DISTRIB_KYLIN_RELEASE=V10
DISTRIB_VERSION_TYPE=enterprise
DISTRIB_VERSION_MODE=normal
3.6.13 |Anaconda, Inc.| (default, Jun 4 2021, 14:25:59)
[GCC 7.5.0]
==========Pytorch==========
1.8.2
torch.cuda.is_available(): True
==========NVIDIA-SMI==========
/usr/bin/nvidia-smi
Driver Version 510.108.03
CUDA Version 11.6
VBIOS Version 94.02.85.00.70
Image Version G001.0000.03.03
GSP Firmware Version N/A
==========NVCC==========
/usr/local/cuda-11.3/bin/nvcc
nvcc: NVIDIA (R) Cuda compiler driver
Copyright (c) 2005-2021 NVIDIA Corporation
Built on Mon_May__3_19:15:13_PDT_2021
Cuda compilation tools, release 11.3, V11.3.109
Build cuda_11.3.r11.3/compiler.29920130_0
==========CC==========
/usr/bin/c++
c++ (Ubuntu 9.4.0-1ubuntu1~20.04.1) 9.4.0
Copyright (C) 2019 Free Software Foundation, Inc.

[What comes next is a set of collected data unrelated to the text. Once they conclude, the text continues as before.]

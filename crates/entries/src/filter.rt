// Whether a key stands twice among entries. Bits of the keys that were passed tell most keys to be new; where all bits of a key are there
// already, the exact search decides. Where too many keys share their bits, as keys can be made to, the keys are put in order instead.
ghost use Rattle.std.specs.Prelude.{◌≡◌, ◌<◌, ◌^◌, IfOk, length};
ghost use Rattle.item.specs.Tree.{Entries};
ghost use Rattle.entries.specs.Entries.{LiesIn, key_twice};
ghost use Rattle.entries.specs.Contract.{hash_of, bit, bits_of, Marked, twice_in, of_class};

use crate::sorted::sorted_repeats;
use crate::{Pair, has_key, nth_item};
use item::{HEADER, Part};

// As many words as hold the bits of a class.
const WORDS: usize = 2048;

// Too many keys share their bits for a few searches to tell.
#[derive(Clone, Copy)]
struct Crowded;

// Equal keys have equal hashes; the factor is FNV's.
#[tactic(auto, using(crate::proofs::Twice::hash_on, crate::proofs::Twice::hash_end), unfolding(crate::specs::Contract::hash_of))]
fn hash(key: &[u8]) -> usize
    ensures { result ≡ hash_of key.now }
{
    let mut hash: u32 = 0;
    for &byte in key {
        hash = hash
            .wrapping_add(u32::from(byte) + 1)
            .wrapping_mul(16777619);
    }
    hash as usize
}

// One bit of a word, by the last six bits of a number.
#[tactic(auto, unfolding(crate::specs::Contract::bit))]
fn bit(n: usize) -> usize
    ensures { result ≡ bit n }
{
    1 << (n % 64)
}

// Up to three bits of a word.
#[tactic(auto, unfolding(crate::specs::Contract::bits_of))]
fn bits_of(hash: usize) -> usize
    ensures { result ≡ bits_of hash }
{
    bit(hash >> 11) | bit(hash >> 17) | bit(hash >> 23)
}

// Whether the bits of a hash were there; now they are.
fn mark(seen: &mut [usize; WORDS], hash: usize) -> bool
    ensures { Marked seen.old seen.new hash result }
{
    let index = hash % WORDS;
    let bits = bits_of(hash);
    let old = seen[index];
    seen[index] = old | bits;
    old & bits == bits
}

// Whether a key of one class stands twice; the classes are the numbers up to `last`. A search that finds nothing costs a walk, and so
// there are few of them.
#[tactic(auto, using(crate::proofs::Walking::places_of))]
fn class_repeats(
    part: Part<'_>,
    class: usize,
    last: usize,
    seen: &mut [usize; WORDS],
) -> Result<bool, Crowded>
    ensures seen_len { length seen.new ≡ 2 ^ 11 }
    ensures told { (es : Entries) → LiesIn part.entry es → IfOk result (λ told. told ≡ twice_in (of_class class last) es) }
{
    seen.fill(0);
    let mut spare: usize = 32;
    for pair in part.walk::<Pair>() {
        let Ok(pair) = pair else {
            return Ok(false);
        };
        let key = &part.bytes[pair.start..pair.end];
        let hash = hash(key);
        let is_of_class = (hash >> 28) & last == class;
        if is_of_class && mark(seen, hash) {
            // The entries before this one end where its key's header begins.
            let before = part.encoded().part(part.from, pair.start - HEADER);
            if has_key(before, key) {
                return Ok(true);
            }
            spare = spare.checked_sub(1).ok_or(Crowded)?;
        }
    }
    Ok(false)
}

// The classes one after the other. Kept out of its caller's frame, so that its bits and the keys that are put in order never lie on the
// stack together; both are gone before another mapping is read, so that depth costs none.
#[inline(never)]
#[tactic(auto, using(crate::proofs::Twice::twice_whole, crate::proofs::Twice::classes_done))]
fn filter_repeats(part: Part<'_>, last: usize) -> Result<bool, Crowded>
    requires { last < 2 ^ 4 }
    ensures { (es : Entries) → LiesIn part.entry es → IfOk result (λ told. told ≡ key_twice es) }
{
    let mut seen = [0usize; WORDS];
    for class in 0..=last {
        if class_repeats(part, class, last, &mut seen)? {
            return Ok(true);
        }
    }
    Ok(false)
}

// Each key is searched for among those behind it.
#[tactic(auto, using(crate::proofs::Walking::places_of))]
fn few_repeat(part: Part<'_>) -> bool
    ensures { (es : Entries) → LiesIn part.entry es → result ≡ key_twice es }
{
    for pair in part.walk::<Pair>() {
        let Ok(pair) = pair else {
            return false;
        };
        let others = part.encoded().part(pair.next, part.to);
        if has_key(others, &part.bytes[pair.start..pair.end]) {
            return true;
        }
    }
    false
}

// Whether more than so many items stand in a part; each has a header. No contract: the answer picks among ways that all tell
// the same, by how long each takes.
fn has_more(part: Part<'_>, items: usize) -> bool {
    (part.to - part.from) / HEADER > items
        && nth_item(part.bytes, part.from, items).is_some_and(|item| item.start < part.to)
}

fn many_repeat(part: Part<'_>, last: usize) -> bool
    requires { last < 2 ^ 4 }
    ensures { (es : Entries) → LiesIn part.entry es → result ≡ key_twice es }
{
    match filter_repeats(part, last) {
        Ok(is_twice) => is_twice,
        Err(Crowded) => sorted_repeats(part),
    }
}

// The last class of many entries: a class has some 4,096 keys, lest its bits be crowded; three bits each of so many fill a tenth.
fn last_class(part: Part<'_>) -> usize
    ensures { result < 2 ^ 4 }
{
    if has_more(part, 65536) {
        return 15;
    }
    if has_more(part, 16384) {
        return 7;
    }
    if has_more(part, 8192) {
        return 1;
    }
    0
}

/// Whether a key stands twice among the entries of a part.
// Few are quickest compared with each other, and clearing the bits pays from some 24 entries on.
pub fn repeats(part: Part<'_>) -> bool
    ensures { (es : Entries) → LiesIn part.entry es → result ≡ key_twice es }
{
    if part.to - part.from <= 512 || !has_more(part, 48) {
        return few_repeat(part);
    }
    many_repeat(part, last_class(part))
}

This is free software; see the source for copying conditions. There is NO
warranty; not even for MERCHANTABILITY or FITNESS FOR A PARTICULAR PURPOSE.
==========MinkowskiEngine==========
0.5.4
MinkowskiEngine compiled with CUDA Support: True
NVCC version MinkowskiEngine is compiled: 11030
CUDART version MinkowskiEngine is compiled: 11030
Additional context It may need to run more times to see the md5 difference when execution on gpu.
@chrischoy Can you check this problem, thanks.